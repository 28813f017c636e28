//! Forms of any number of parts.
ghost use Rattle.std.specs.Prelude.{◌≡◌, ◌∷◌, true, false, IfOk, OnOk, map, option_map};
ghost use Rattle.typing_rules.specs.AbstractSyntax as syntax;
ghost use Rattle.abstract_types.specs.TypeView.{type_node};
ghost use Rattle.abstract_tree.specs.TreeView.{fields, listed, object_field};
ghost use Rattle.value_scopes.specs.Values.{noted};
ghost use Rattle.kernel_nodes.specs.Made.{cell_at};
ghost use Rattle.kernel_data.specs.Fields.{cell_number_of, cells_of, field_of, label_of};
ghost use Rattle.kernel_parts.specs.Views.{expression_in, form_of, tree_of};
ghost use Rattle.kernel_parts.specs.Writing.{Writes};

use abstract_tree::{Expression, ObjectField};
use abstract_types::TypeNode;
use kernel_frames::Frames;
use kernel_members::{call, element_number, field_number};
use kernel_nodes::{new_cell, one, operates, tuple as tuple_value};
use kernel_parts::{Layer, Part, Written};
use kernel_types::KernelTypes;
use mo_num::{Bytes, Memory, Sequence};
use mo_syntax::Items;
use mo_types::TypeId;
use mo_values::Operation;
use std::alloc::Global;
use typed_tree::TypedExpression;
use value_scopes::Note;

/// `(a, b)`: Motoko language manual, section "Tuples".
pub fn tuple<F: Fn(&mut Frames, Part<'_>) -> Written>(
    layer: &Layer<'_, F>,
    frames: &mut Frames,
    note: Note,
    items: &[Expression<Note>],
) -> Written
    requires writes { Writes layer.now.depth (F.pre layer.now.write) (F.post layer.now.write) }
    ensures made { IfOk result (λ made. made ≡ form_of layer.now.types.now frames.old note (syntax.Tuple (listed (map (expression_in layer.now.types.now) items.now)))) }
    ensures same { OnOk result (frames.new ≡ frames.old) }
{
    let parts = layer.each(frames, items)?;
    tuple_value(layer.alloc, layer.types, note.kind, parts)
}

/// The parts as new cells of the type of this number.
fn cells<F: Fn(&mut Frames, Part<'_>) -> Written>(
    layer: &Layer<'_, F>,
    frames: &mut Frames,
    of_type: TypeId,
    items: &[Expression<Note>],
) -> Result<Items<TypedExpression>, Memory>
    requires writes { Writes layer.now.depth (F.pre layer.now.write) (F.post layer.now.write) }
    ensures made { IfOk result (λ made. made ≡ map (cells_of layer.now.types.now frames.old of_type) items.now) }
    ensures same { OnOk result (frames.new ≡ frames.old) }
{
    let mut made = Items::new(layer.alloc);
    for item in items {
        let part = layer.part(frames, item)?;
        let cell = new_cell(layer.alloc, of_type, part)?;
        made.push(cell)?;
    }
    Ok(made)
}

/// `[var a, b]`
fn mutable_array<F: Fn(&mut Frames, Part<'_>) -> Written>(
    layer: &Layer<'_, F>,
    frames: &mut Frames,
    note: Note,
    items: &[Expression<Note>],
) -> Written
    requires writes { Writes layer.now.depth (F.pre layer.now.write) (F.post layer.now.write) }
    ensures made { IfOk result (λ made. made ≡ form_of layer.now.types.now frames.old note (syntax.Array true (listed (map (expression_in layer.now.types.now) items.now)))) }
    ensures same { OnOk result (frames.new ≡ frames.old) }
{
    let of_type = element_number(layer.types, note.kind)?;
    let parts = cells(layer, frames, of_type, items)?;
    operates(
        layer.alloc,
        layer.types,
        note.kind,
        Operation::MakeArray,
        parts,
    )
}

/// `[a, b]`
fn constant_array<F: Fn(&mut Frames, Part<'_>) -> Written>(
    layer: &Layer<'_, F>,
    frames: &mut Frames,
    note: Note,
    items: &[Expression<Note>],
) -> Written
    requires writes { Writes layer.now.depth (F.pre layer.now.write) (F.post layer.now.write) }
    ensures made { IfOk result (λ made. made ≡ form_of layer.now.types.now frames.old note (syntax.Array false (listed (map (expression_in layer.now.types.now) items.now)))) }
    ensures same { OnOk result (frames.new ≡ frames.old) }
{
    let parts = layer.each(frames, items)?;
    operates(
        layer.alloc,
        layer.types,
        note.kind,
        Operation::MakeArray,
        parts,
    )
}

/// `[a, b]`, or with `var` `[var a, b]`: Motoko language manual, section "Arrays".
pub fn array<F: Fn(&mut Frames, Part<'_>) -> Written>(
    layer: &Layer<'_, F>,
    frames: &mut Frames,
    note: Note,
    mutable: bool,
    items: &[Expression<Note>],
) -> Written
    requires writes { Writes layer.now.depth (F.pre layer.now.write) (F.post layer.now.write) }
    ensures made { IfOk result (λ made. made ≡ form_of layer.now.types.now frames.old note (syntax.Array mutable (listed (map (expression_in layer.now.types.now) items.now)))) }
    ensures same { OnOk result (frames.new ≡ frames.old) }
{
    if mutable {
        mutable_array(layer, frames, note, items)
    } else {
        constant_array(layer, frames, note, items)
    }
}

/// The function and the arguments of a call.
fn operands<F: Fn(&mut Frames, Part<'_>) -> Written>(
    layer: &Layer<'_, F>,
    frames: &mut Frames,
    function: &Expression<Note>,
    arguments: &[Expression<Note>],
) -> Result<Items<TypedExpression>, Memory>
    requires writes { Writes layer.now.depth (F.pre layer.now.write) (F.post layer.now.write) }
    ensures made { IfOk result (λ made. made ≡ tree_of layer.now.types.now frames.old function.now ∷ map (tree_of layer.now.types.now frames.old) arguments.now) }
    ensures same { OnOk result (frames.new ≡ frames.old) }
{
    let called = layer.part(frames, function)?;
    let mut made = one(layer.alloc, called)?;
    for argument in arguments {
        let part = layer.part(frames, argument)?;
        made.push(part)?;
    }
    Ok(made)
}

/// `f<A, B>(a, b)`: Motoko language manual, section "Function calls".
pub fn calling<F: Fn(&mut Frames, Part<'_>) -> Written>(
    layer: &Layer<'_, F>,
    frames: &mut Frames,
    note: Note,
    function: &Expression<Note>,
    types: &Option<Items<TypeNode>>,
    arguments: &[Expression<Note>],
) -> Written
    requires writes { Writes layer.now.depth (F.pre layer.now.write) (F.post layer.now.write) }
    ensures made { IfOk result (λ made. made ≡ form_of layer.now.types.now frames.old note (syntax.Call (expression_in layer.now.types.now function.now) (option_map (map type_node) types.now) (listed (map (expression_in layer.now.types.now) arguments.now)))) }
    ensures same { OnOk result (frames.new ≡ frames.old) }
{
    let _types = types;
    let parts = operands(layer, frames, function, arguments)?;
    call(
        layer.alloc,
        layer.types,
        note.kind,
        function.note.kind,
        parts,
    )
}

/// The labels of the fields.
fn labels(alloc: Global, list: &[ObjectField<Note>]) -> Result<Sequence<Bytes>, Memory>
    ensures { IfOk result (λ made. made ≡ map label_of list.now) }
{
    let mut made = Sequence::new(alloc);
    for one in list {
        made.push(Bytes::from_slice(alloc, one.name.bytes.as_slice())?)?;
    }
    Ok(made)
}

/// The number of the type of a field, which is that of its value where the object has no such field.
fn cell_number(types: &KernelTypes, note: Note, field: &ObjectField<Note>) -> Result<TypeId, Memory>
    ensures { IfOk result (λ id. id ≡ cell_number_of types.now note.kind field.now) }
{
    let found = field_number(types, note.kind, field.name.bytes.as_slice())?;
    match found {
        Some(of_type) => Ok(of_type),
        None => types.number(field.value.note.kind),
    }
}

/// A new cell of the type of a field.
fn field_cell(
    alloc: Global,
    types: &KernelTypes,
    note: Note,
    field: &ObjectField<Note>,
    value: TypedExpression,
) -> Written
    ensures { IfOk result (λ made. made ≡ cell_at (cell_number_of types.now note.kind field.now) value) }
{
    let of_type = cell_number(types, note, field)?;
    new_cell(alloc, of_type, value)
}

/// The value of a field, which is a new cell where it is a `var` field.
fn field_value<F: Fn(&mut Frames, Part<'_>) -> Written>(
    layer: &Layer<'_, F>,
    frames: &mut Frames,
    note: Note,
    field: &ObjectField<Note>,
) -> Written
    requires writes { Writes layer.now.depth (F.pre layer.now.write) (F.post layer.now.write) }
    ensures made { IfOk result (λ made. made ≡ field_of layer.now.types.now frames.old note.kind field.now) }
    ensures same { OnOk result (frames.new ≡ frames.old) }
{
    let part = layer.part(frames, &field.value)?;
    if field.mutable {
        field_cell(layer.alloc, layer.types, note, field, part)
    } else {
        Ok(part)
    }
}

/// The values of the fields.
fn field_values<F: Fn(&mut Frames, Part<'_>) -> Written>(
    layer: &Layer<'_, F>,
    frames: &mut Frames,
    note: Note,
    list: &[ObjectField<Note>],
) -> Result<Items<TypedExpression>, Memory>
    requires writes { Writes layer.now.depth (F.pre layer.now.write) (F.post layer.now.write) }
    ensures made { IfOk result (λ made. made ≡ map (field_of layer.now.types.now frames.old note.kind) list.now) }
    ensures same { OnOk result (frames.new ≡ frames.old) }
{
    let mut made = Items::new(layer.alloc);
    for field in list {
        let value = field_value(layer, frames, note, field)?;
        made.push(value)?;
    }
    Ok(made)
}

/// `{ x = a; var y : A = b }`: Motoko language manual, section "Objects".
pub fn object<F: Fn(&mut Frames, Part<'_>) -> Written>(
    layer: &Layer<'_, F>,
    frames: &mut Frames,
    note: Note,
    list: &[ObjectField<Note>],
) -> Written
    requires writes { Writes layer.now.depth (F.pre layer.now.write) (F.post layer.now.write) }
    ensures made { IfOk result (λ made. made ≡ form_of layer.now.types.now frames.old note (syntax.Object (fields (map (object_field (noted layer.now.types.now.forms)) list.now)))) }
    ensures same { OnOk result (frames.new ≡ frames.old) }
{
    let names = labels(layer.alloc, list)?;
    let parts = field_values(layer, frames, note, list)?;
    operates(
        layer.alloc,
        layer.types,
        note.kind,
        Operation::MakeObject(names),
        parts,
    )
}
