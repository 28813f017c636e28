//! Laws of scripts. Each function does nothing: its contract is a theorem about the definitions that reading cites.
#![tactic(auto)]

ghost use Rattle.script_laws.specs.Fault.{HasOneFault};

/// A text has one fault at most, want of memory apart.
pub fn fault_law()
    ensures { HasOneFault }
{}
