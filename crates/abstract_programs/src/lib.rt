//! The abstract syntax of a program, made of a syntax tree.
#![tactic(auto)]

mod program_making;

pub use program_making::abstract_program;
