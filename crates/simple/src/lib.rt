// Simple statements, carried out where they stand in the text: assignments and positions are written into the memory that is lent.
#![tactic(auto)]

ghost use Rattle.std.specs.Prelude.{◌≡◌, ◌+◌, ◌-◌, Ok, true, false, eqb};
ghost use Rattle.basics.specs.Choice.{pick};
ghost use Rattle.integers.specs.Integers.{num};
ghost use Rattle.judging.specs.Judging.{meant};
ghost use Rattle.judging.specs.Reading.{seen, seen_step};
ghost use Rattle.parts.specs.Parts.{positioned_in};
ghost use Rattle.simple.specs.Statements.{aimed, upward, target_of, assignment_of, number_turn, numbers_of, list_of, one_of, position_of, placed_of, behind_of, act_of, simple_of};

use basics::refusal::{Reason, Refusal};
use integers::Num;
use judging::{Meaning, Read, Scope, Sort, Step};
use words::{Cursor, Kind};

// The target of an assignment or a position: an element, and the cursor past it.
#[derive(Clone, Copy, Debug, PartialEq, Eq)]
pub struct Aim {
    pub element: u32,
    pub next: Cursor,
}

// How many statements and rounds of a FOR there may be together, and the place of the lent memory that they are counted at.
pub const STATEMENTS: u32 = 4096;

pub const USED_AT: usize = 2585;

// The target whose name is from start on to end.
#[tactic(auto, using(std::proofs::lemmas::Grind::common_steps), unfolding(crate::specs::Statements::target_of))]
fn target(scope: Scope, start: usize, end: Cursor, depth: usize) -> Result<Aim, Refusal>
    ensures { aimed result ≡ target_of scope.entry.text.now scope.entry.names.now depth start end.at }
{
    let mut one = [0u32; 1];
    let read = readers::index(scope, &mut one, &mut 0, Sort::Signal, start, end, depth)?;
    Ok(Aim {
        element: parts::tell(&one, 0).saturating_sub(judging::ELEMENT),
        next: read.next,
    })
}

// Behind `:=`: the equation of an element.
#[tactic(auto, using(std::proofs::lemmas::Grind::common_steps), unfolding(crate::specs::Statements::assignment_of))]
fn assignment(
    scope: Scope,
    room: &mut [u32],
    count: &mut usize,
    element: u32,
    from: Cursor,
    depth: usize,
) -> Result<Read, Refusal>
    ensures { seen result (room.new, count.new) ≡ assignment_of scope.entry.text.now scope.entry.names.now depth element from.at (room.old, count.old) }
{
    let first = *count;
    let read = readers::expression(scope, room, count, Sort::Signal, from, depth)?;
    parts::assign_to(room, element, first, *count);
    Ok(Read {
        value: Num::Up(0),
        ..read
    })
}

// A number that counts from 0.
fn up(v: Num) -> u32
    ensures { result ≡ upward (num v) }
{
    match v {
        Num::Up(k) => k as u32,
        Num::Down(_) => 0,
    }
}

// A number of a list, given to its element, or only read.
fn give(room: &mut [u32], on: bool, first: u32, v: Num, value: Num)
    ensures { room.new ≡ pick on (positioned_in room.old (first + upward (num v)) (num value)) room.old }
{
    if on {
        parts::position_of(room, first, up(v), value);
    }
}

// One number of a list, behind what was read of it.
#[tactic(auto, using(std::proofs::lemmas::Grind::common_steps, words::proofs::Codes::code_other), unfolding(crate::specs::Statements::number_turn))]
fn number_turn(
    scope: Scope,
    room: &mut [u32],
    count: &mut usize,
    on: bool,
    first: u32,
    read: Read,
    depth: usize,
) -> Result<Step, Refusal>
    ensures { seen_step result (room.new, count.new) ≡ number_turn scope.entry.text.now scope.entry.names.now depth on first (num read.value) read.next.at (room.old, count.old) }
{
    let number = readers::expression(scope, room, count, Sort::Number, read.next, depth)?;
    let word = number.next.next(scope.text)?;
    let past = Read {
        value: integers::step(read.value),
        next: word.next,
    };
    match word.kind {
        Kind::Semicolon => {
            give(room, on, first, read.value, number.value);
            Ok(Step::More(past))
        }
        Kind::CloseSquare => {
            give(room, on, first, read.value, number.value);
            Ok(Step::Last(past))
        }
        _ => Err(Refusal::new(Reason::Grammar, word.start)),
    }
}

// The numbers of a list, behind its `[`.
#[tactic(auto, using(std::proofs::lemmas::Grind::common_steps, crate::proofs::Laws::numbers_more, crate::proofs::Laws::numbers_last, crate::proofs::Laws::numbers_falls), unfolding(crate::specs::Statements::numbers_of))]
fn numbers(
    scope: Scope,
    room: &mut [u32],
    count: &mut usize,
    on: bool,
    first: u32,
    from: Cursor,
    depth: usize,
) -> Result<Read, Refusal>
    ensures { seen result (room.new, count.new) ≡ numbers_of scope.entry.text.now scope.entry.names.now depth on first from.at (room.old, count.old) }
{
    let mut read = Read {
        value: Num::Up(0),
        next: from,
    };
    loop {
        match number_turn(scope, room, count, on, first, read, depth)? {
            Step::More(past) => read = past,
            Step::Last(past) => return Ok(past),
        }
    }
}

// How many elements a statement names: those of an array, or one.
fn width(n: u16) -> u32
    ensures { result ≡ pick (eqb n 0) 1 n }
{
    if n == 0 { 1 } else { n as u32 }
}

// A list, behind its `[`, for n elements from first on.
#[tactic(auto, using(std::proofs::lemmas::Grind::common_steps), unfolding(crate::specs::Statements::list_of))]
fn list(
    scope: Scope,
    room: &mut [u32],
    count: &mut usize,
    first: u32,
    n: u16,
    from: Cursor,
    depth: usize,
) -> Result<Read, Refusal>
    ensures { seen result (room.new, count.new) ≡ list_of scope.entry.text.now scope.entry.names.now depth first n from.at (room.old, count.old) }
{
    let read = numbers(scope, room, count, false, first, from, depth)?;
    if up(read.value) == n as u32 {
        return numbers(scope, room, count, true, first, from, depth);
    }
    parts::miscount(room, first, width(n));
    Ok(Read {
        value: Num::Up(0),
        ..read
    })
}

// One number, for n elements from first on.
#[tactic(auto, using(std::proofs::lemmas::Grind::common_steps), unfolding(crate::specs::Statements::one_of))]
fn one_number(
    scope: Scope,
    room: &mut [u32],
    count: &mut usize,
    first: u32,
    n: u16,
    from: Cursor,
    depth: usize,
) -> Result<Read, Refusal>
    ensures { seen result (room.new, count.new) ≡ one_of scope.entry.text.now scope.entry.names.now depth first n from.at (room.old, count.old) }
{
    let read = readers::expression(scope, room, count, Sort::Number, from, depth)?;
    if n == 0 {
        parts::position_of(room, first, 0, read.value);
    } else {
        parts::miscount(room, first, n as u32);
    }
    Ok(Read {
        value: Num::Up(0),
        ..read
    })
}

// Behind `::`, for n elements from first on.
#[tactic(auto, using(std::proofs::lemmas::Grind::common_steps, words::proofs::Codes::code_other), unfolding(crate::specs::Statements::position_of))]
fn position(
    scope: Scope,
    room: &mut [u32],
    count: &mut usize,
    first: u32,
    n: u16,
    from: Cursor,
    depth: usize,
) -> Result<Read, Refusal>
    ensures { seen result (room.new, count.new) ≡ position_of scope.entry.text.now scope.entry.names.now depth first n from.at (room.old, count.old) }
{
    let word = from.next(scope.text)?;
    match word.kind {
        Kind::OpenSquare => list(scope, room, count, first, n, word.next, depth),
        _ => one_number(scope, room, count, first, n, from, depth),
    }
}

// Behind `::` of a name at start without an index, by what it stands for.
fn place_name(
    scope: Scope,
    room: &mut [u32],
    count: &mut usize,
    start: usize,
    meaning: Option<Meaning>,
    from: Cursor,
    depth: usize,
) -> Result<Read, Refusal>
    ensures { seen result (room.new, count.new) ≡ placed_of scope.entry.text.now scope.entry.names.now depth start from.at (room.old, count.old) (meant meaning) }
{
    match meaning {
        Some(Meaning::Signal(base)) => {
            position(
                scope,
                room,
                count,
                base.first as u32,
                base.size,
                from,
                depth,
            )
        }
        Some(Meaning::Value(_)) | None => Err(Refusal::new(Reason::Name, start)),
    }
}

// Behind a target.
#[tactic(auto, using(std::proofs::lemmas::Grind::common_steps, words::proofs::Codes::code_other))]
fn behind(
    scope: Scope,
    room: &mut [u32],
    count: &mut usize,
    aim: Aim,
    depth: usize,
) -> Result<Read, Refusal>
    ensures { seen result (room.new, count.new) ≡ behind_of scope.entry.text.now scope.entry.names.now depth (room.old, count.old) (aimed (Ok aim)) }
{
    let word = aim.next.next(scope.text)?;
    match word.kind {
        Kind::Becomes => assignment(scope, room, count, aim.element, word.next, depth),
        Kind::Place => position(scope, room, count, aim.element, 0, word.next, depth),
        _ => Err(Refusal::new(Reason::Grammar, word.start)),
    }
}

// An assignment or a position whose name is from start on to end.
#[tactic(auto, using(std::proofs::lemmas::Grind::common_steps, words::proofs::Codes::code_other), unfolding(crate::specs::Statements::act_of))]
fn act(
    scope: Scope,
    room: &mut [u32],
    count: &mut usize,
    start: usize,
    end: Cursor,
    depth: usize,
) -> Result<Read, Refusal>
    ensures { seen result (room.new, count.new) ≡ act_of scope.entry.text.now scope.entry.names.now depth start end.at (room.old, count.old) }
{
    let word = end.next(scope.text)?;
    match word.kind {
        Kind::Place => {
            let meaning = scope.meaning(start, end.at);
            place_name(scope, room, count, start, meaning, word.next, depth)
        }
        _ => {
            let aim = target(scope, start, end, depth)?;
            behind(scope, room, count, aim, depth)
        }
    }
}

// A simple statement: it is counted first.
#[tactic(auto, using(std::proofs::lemmas::Grind::common_steps, parts::proofs::Runs::none_more), unfolding(crate::specs::Statements::simple_of))]
pub fn simple(
    scope: Scope,
    room: &mut [u32],
    count: &mut usize,
    start: usize,
    end: Cursor,
    depth: usize,
) -> Result<Read, Refusal>
    ensures { seen result (room.new, count.new) ≡ simple_of scope.entry.text.now scope.entry.names.now depth start end.at (room.old, count.old) }
{
    if parts::one_more(room, USED_AT, STATEMENTS) {
        act(scope, room, count, start, end, depth)
    } else {
        Err(Refusal::new(Reason::Limit, start))
    }
}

━━━

→ **Aim of the exercise**:
Pick out all lines from the data above in which the word "counted" appears.

→ **Problem solution**:
// How many statements and rounds of a FOR there may be together, and the place of the lent memory that they are counted at.
// A simple statement: it is counted first.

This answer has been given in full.